**ABOUT THIS TASK:**
Show every line of the material that follows in which the word "take" occurs.

**DATA SHOWN:**
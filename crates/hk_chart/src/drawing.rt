//! The lines of a picture.
ghost use Rattle.std.specs.Prelude.{◌≡◌, ◌+◌, ◌*◌, ◌/◌, ◌<◌, ◌≤◌, ◌^◌, [], take, length, max};
ghost use Rattle.hk_io.specs.Line.{with_word, with_number, with_end};
ghost use Rattle.hk_io.specs.Limits.{longest_line};
ghost use Rattle.hk_chart.specs.Shapes.{task_at};
ghost use Rattle.hk_chart.specs.Drawing.{row_of, height_of, name_at, bar_start, bar_text, mark_text, told_text, fault_text, end_text, cause_word, rectangle_text, stroke_text, title_text, size_text, name_text, label_text, tenth_of, axis_text, grid_text, plot_text, below_text, frame_text, upright_text, curve_start, rise_text, curve_end, owed_units, owed_text, pays, owed_fall, is_collector, is_nobody, collector_rise, idle_rise, counts_text};

use crate::progress::Progress;
use crate::shape::{Bar, Lane, Shape};
use crate::span::Span;
use crate::task::{MAX_NAME, Task};
use crate::trace_line::Cause;
use hk_io::Line;

/// Adds a word to a line that has room for it and a space.
pub fn add_word(line: &mut Line, bytes: &[u8])
    requires { length line.old + 1 + length bytes.now ≤ longest_line }
    ensures added { line.new ≡ with_word line.old bytes.now }
    ensures room { length line.new ≤ length line.old + 1 + length bytes.now }
{
    line.word(bytes);
}

/// Adds a number to a line that has room for 20 digits and a space.
pub fn add_number(line: &mut Line, value: u64)
    requires { length line.old + 21 ≤ longest_line }
    ensures added { line.new ≡ with_number line.old value }
    ensures room { length line.new ≤ length line.old + 21 }
{
    line.number(value);
}

/// Ends a line that has room for the newline.
pub fn end(line: &mut Line)
    requires { length line.old + 1 ≤ longest_line }
    ensures { line.new ≡ with_end line.old }
{
    line.end();
}

/// Where a lane begins, from the top.
fn row_of(tasks: u8, lane: Lane) -> u64
    ensures value { result ≡ row_of tasks lane }
    ensures few { result ≤ 8000 }
{
    match lane {
        Lane::Task(place) => 30 * u64::from(place),
        Lane::Collector | Lane::Lost => 30 * u64::from(tasks),
        Lane::Nobody => 30 * u64::from(tasks) + 30,
    }
}

/// The height of all lanes.
fn height_of(tasks: u8) -> u64
    ensures value { result ≡ height_of tasks }
    ensures few { result ≤ 8000 }
{
    30 * u64::from(tasks) + 60
}

/// The first bytes of a name, which are all of them.
fn shown(name: &[u8]) -> &[u8]
    ensures value { result.now ≡ take MAX_NAME name.now }
    ensures short { length result.now ≤ 16 }
{
    &name[..name.len().min(MAX_NAME)]
}

/// The name of the task of a place.
fn name_at(tasks: &[Task], place: u8) -> &[u8]
    ensures value { result.now ≡ name_at tasks.now place }
    ensures short { length result.now ≤ 16 }
{
    match tasks.get(usize::from(place)) {
        Some(task) => shown(task.name.items.as_slice()),
        None => b"",
    }
}

/// How a rectangle begins.
fn bar_start(high: u8, lane: Lane) -> &'static [u8]
    ensures value { result.now ≡ bar_start high lane }
    ensures short { length result.now ≤ 40 }
{
    match lane {
        Lane::Task(place) => {
            if place < high {
                b"<path class=\"high\" d=\"M"
            } else {
                b"<path class=\"low\" d=\"M"
            }
        }
        Lane::Collector => b"<path class=\"collector\" d=\"M",
        Lane::Lost => b"<path class=\"lost\" d=\"M",
        Lane::Nobody => b"<path class=\"nobody\" d=\"M",
    }
}

/// A rectangle.
#[tactic(auto, unfolding(crate::specs::Drawing::bar_text))]
fn bar_line(progress: &Progress, bar: Bar) -> Line
    ensures { result ≡ bar_text progress.now bar }
{
    let mut line = Line::new();
    add_word(&mut line, bar_start(progress.high, bar.lane));
    add_number(&mut line, u64::from(bar.first));
    add_number(&mut line, row_of(progress.tasks, bar.lane) + 17);
    add_word(&mut line, b"H");
    add_number(&mut line, u64::from(bar.last) + 1);
    add_word(&mut line, b"\"/>");
    end(&mut line);
    line
}

/// The stroke of a mark.
#[tactic(auto, unfolding(crate::specs::Drawing::mark_text))]
fn mark_line(start: &[u8], moment: u64, y: u64, stroke: &[u8]) -> Line
    requires start { length start.now ≤ 40 }
    requires stroke { length stroke.now ≤ 20 }
    ensures { result ≡ mark_text start.now moment y stroke.now }
{
    let mut line = Line::new();
    add_word(&mut line, start);
    add_number(&mut line, moment);
    add_number(&mut line, y);
    add_word(&mut line, stroke);
    end(&mut line);
    line
}

/// What a mark says.
#[tactic(auto, unfolding(crate::specs::Drawing::told_text))]
fn told_line(what: &[u8], tick: u64, name: &[u8], number: u64) -> Line
    requires what { length what.now ≤ 16 }
    requires name { length name.now ≤ 16 }
    ensures { result ≡ told_text what.now tick name.now number }
{
    let mut line = Line::new();
    add_word(&mut line, what);
    add_number(&mut line, tick);
    add_word(&mut line, name);
    add_number(&mut line, number);
    add_word(&mut line, b"</title></path>");
    end(&mut line);
    line
}

/// What the mark of a fault says.
#[tactic(auto, unfolding(crate::specs::Drawing::fault_text))]
fn fault_line(tick: u64, name: &[u8], job: u64, statement: u64, why: &[u8]) -> Line
    requires name { length name.now ≤ 16 }
    requires why { length why.now ≤ 16 }
    ensures { result ≡ fault_text tick name.now job statement why.now }
{
    let mut line = Line::new();
    add_word(&mut line, b"fault");
    add_number(&mut line, tick);
    add_word(&mut line, name);
    add_number(&mut line, job);
    add_number(&mut line, statement);
    add_word(&mut line, why);
    add_word(&mut line, b"</title></path>");
    end(&mut line);
    line
}

/// What the mark of an end says.
#[tactic(auto, unfolding(crate::specs::Drawing::end_text))]
fn end_line(tick: u64, name: &[u8], job: u64, ticks: u64) -> Line
    requires { length name.now ≤ 16 }
    ensures { result ≡ end_text tick name.now job ticks }
{
    let mut line = Line::new();
    add_word(&mut line, b"ended");
    add_number(&mut line, tick);
    add_word(&mut line, name);
    add_number(&mut line, job);
    add_number(&mut line, ticks);
    add_word(&mut line, b"</title></path>");
    end(&mut line);
    line
}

**REPLY:**
ghost use Rattle.std.specs.Prelude.{◌≡◌, ◌+◌, ◌*◌, ◌/◌, ◌<◌, ◌≤◌, ◌^◌, [], take, length, max};
    ensures value { result.now ≡ take MAX_NAME name.now }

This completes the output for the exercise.